** PROVIDED RECORDS follows **

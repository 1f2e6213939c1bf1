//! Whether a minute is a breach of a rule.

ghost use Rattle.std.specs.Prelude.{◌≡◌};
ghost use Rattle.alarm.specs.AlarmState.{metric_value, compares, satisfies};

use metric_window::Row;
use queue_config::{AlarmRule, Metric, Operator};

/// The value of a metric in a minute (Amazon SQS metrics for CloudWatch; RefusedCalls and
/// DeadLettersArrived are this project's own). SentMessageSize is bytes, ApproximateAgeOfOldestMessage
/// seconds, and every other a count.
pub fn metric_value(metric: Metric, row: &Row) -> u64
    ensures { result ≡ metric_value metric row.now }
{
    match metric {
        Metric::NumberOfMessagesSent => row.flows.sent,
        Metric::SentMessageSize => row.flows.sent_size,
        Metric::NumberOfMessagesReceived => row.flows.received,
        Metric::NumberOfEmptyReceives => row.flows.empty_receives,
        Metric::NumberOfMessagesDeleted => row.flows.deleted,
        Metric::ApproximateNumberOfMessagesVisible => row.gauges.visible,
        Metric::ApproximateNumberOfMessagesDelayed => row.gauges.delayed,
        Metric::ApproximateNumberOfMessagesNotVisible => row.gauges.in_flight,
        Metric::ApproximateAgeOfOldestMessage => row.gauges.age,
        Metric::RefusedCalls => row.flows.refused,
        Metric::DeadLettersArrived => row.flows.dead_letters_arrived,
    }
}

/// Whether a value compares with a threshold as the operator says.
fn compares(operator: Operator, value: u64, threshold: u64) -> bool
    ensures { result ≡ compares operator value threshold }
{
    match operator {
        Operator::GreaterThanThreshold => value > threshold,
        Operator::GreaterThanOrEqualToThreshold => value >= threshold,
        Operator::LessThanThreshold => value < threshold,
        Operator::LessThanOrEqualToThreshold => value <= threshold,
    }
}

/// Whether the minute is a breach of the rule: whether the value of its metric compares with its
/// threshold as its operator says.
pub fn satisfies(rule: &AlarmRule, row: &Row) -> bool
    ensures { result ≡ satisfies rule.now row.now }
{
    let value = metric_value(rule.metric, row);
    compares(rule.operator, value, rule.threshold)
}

** End of PROVIDED RECORDS **

**EXERCISE:**
Identify the lines in the entries above that contain "satisfies", then copy them out.

**WORKED SOLUTION:**
ghost use Rattle.alarm.specs.AlarmState.{metric_value, compares, satisfies};
pub fn satisfies(rule: &AlarmRule, row: &Row) -> bool
    ensures { result ≡ satisfies rule.now row.now }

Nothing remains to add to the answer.